Provided data below:

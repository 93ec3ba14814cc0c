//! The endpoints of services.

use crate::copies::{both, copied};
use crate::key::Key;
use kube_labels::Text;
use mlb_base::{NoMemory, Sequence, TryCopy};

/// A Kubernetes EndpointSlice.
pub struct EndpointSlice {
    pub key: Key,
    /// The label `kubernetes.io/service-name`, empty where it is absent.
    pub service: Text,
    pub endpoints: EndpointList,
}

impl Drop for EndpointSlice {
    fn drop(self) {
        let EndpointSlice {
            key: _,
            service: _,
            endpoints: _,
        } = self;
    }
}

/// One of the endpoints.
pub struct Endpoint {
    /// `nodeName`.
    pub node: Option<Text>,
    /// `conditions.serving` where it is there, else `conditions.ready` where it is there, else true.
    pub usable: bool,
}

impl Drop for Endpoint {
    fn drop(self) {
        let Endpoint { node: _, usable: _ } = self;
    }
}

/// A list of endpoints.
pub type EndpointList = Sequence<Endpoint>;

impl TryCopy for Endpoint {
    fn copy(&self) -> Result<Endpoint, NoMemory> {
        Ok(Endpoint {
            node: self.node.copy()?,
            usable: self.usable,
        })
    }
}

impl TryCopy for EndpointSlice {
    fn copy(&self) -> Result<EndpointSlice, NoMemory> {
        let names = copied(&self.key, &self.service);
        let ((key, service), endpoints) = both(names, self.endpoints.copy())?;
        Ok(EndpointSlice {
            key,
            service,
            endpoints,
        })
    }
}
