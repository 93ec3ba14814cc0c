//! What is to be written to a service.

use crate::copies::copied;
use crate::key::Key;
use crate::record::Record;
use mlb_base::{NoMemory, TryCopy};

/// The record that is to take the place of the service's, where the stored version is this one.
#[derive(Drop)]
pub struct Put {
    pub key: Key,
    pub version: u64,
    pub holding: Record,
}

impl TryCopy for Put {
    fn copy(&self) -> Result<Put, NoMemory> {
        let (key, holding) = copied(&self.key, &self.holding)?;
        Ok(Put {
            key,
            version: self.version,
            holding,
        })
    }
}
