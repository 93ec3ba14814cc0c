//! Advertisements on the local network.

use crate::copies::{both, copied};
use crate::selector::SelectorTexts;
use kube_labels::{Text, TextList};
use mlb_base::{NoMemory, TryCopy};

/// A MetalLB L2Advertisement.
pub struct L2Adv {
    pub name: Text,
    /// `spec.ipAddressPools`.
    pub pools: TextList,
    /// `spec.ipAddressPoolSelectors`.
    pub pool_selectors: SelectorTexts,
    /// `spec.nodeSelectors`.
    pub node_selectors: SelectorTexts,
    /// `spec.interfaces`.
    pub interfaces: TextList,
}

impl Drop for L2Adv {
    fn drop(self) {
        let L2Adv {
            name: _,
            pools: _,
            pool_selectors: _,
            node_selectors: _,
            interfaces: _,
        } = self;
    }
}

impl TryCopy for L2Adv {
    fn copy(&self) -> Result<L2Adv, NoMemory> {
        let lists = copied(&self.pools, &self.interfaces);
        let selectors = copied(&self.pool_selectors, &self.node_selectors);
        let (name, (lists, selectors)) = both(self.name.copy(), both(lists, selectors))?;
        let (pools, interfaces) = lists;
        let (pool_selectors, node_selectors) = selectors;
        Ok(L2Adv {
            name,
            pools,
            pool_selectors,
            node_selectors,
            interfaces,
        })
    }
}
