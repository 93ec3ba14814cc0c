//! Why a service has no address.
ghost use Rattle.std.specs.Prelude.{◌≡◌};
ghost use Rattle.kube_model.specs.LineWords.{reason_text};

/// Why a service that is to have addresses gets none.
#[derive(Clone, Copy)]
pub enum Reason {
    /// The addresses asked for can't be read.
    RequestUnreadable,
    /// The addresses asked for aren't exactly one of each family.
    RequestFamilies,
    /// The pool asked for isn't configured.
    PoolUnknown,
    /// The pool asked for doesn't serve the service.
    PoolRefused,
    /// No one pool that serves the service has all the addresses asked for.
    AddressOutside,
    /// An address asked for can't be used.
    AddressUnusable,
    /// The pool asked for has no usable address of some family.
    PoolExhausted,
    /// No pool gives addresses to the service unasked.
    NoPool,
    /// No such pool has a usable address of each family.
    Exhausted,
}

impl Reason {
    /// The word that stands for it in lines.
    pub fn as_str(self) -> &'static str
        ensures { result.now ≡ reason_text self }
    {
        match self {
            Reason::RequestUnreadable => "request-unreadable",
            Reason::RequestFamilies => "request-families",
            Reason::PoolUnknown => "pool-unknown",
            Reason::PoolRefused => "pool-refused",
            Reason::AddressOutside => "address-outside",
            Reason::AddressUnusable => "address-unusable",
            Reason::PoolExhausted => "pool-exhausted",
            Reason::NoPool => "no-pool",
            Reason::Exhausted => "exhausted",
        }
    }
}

End of Provided data.

What is expected >>
Copy each line in the entries above where the word "that" shows up.

Final answer >>
/// The record that is to take the place of the service's, where the stored version is this one.
/// Why a service that is to have addresses gets none.
    /// No one pool that serves the service has all the addresses asked for.
    /// The word that stands for it in lines.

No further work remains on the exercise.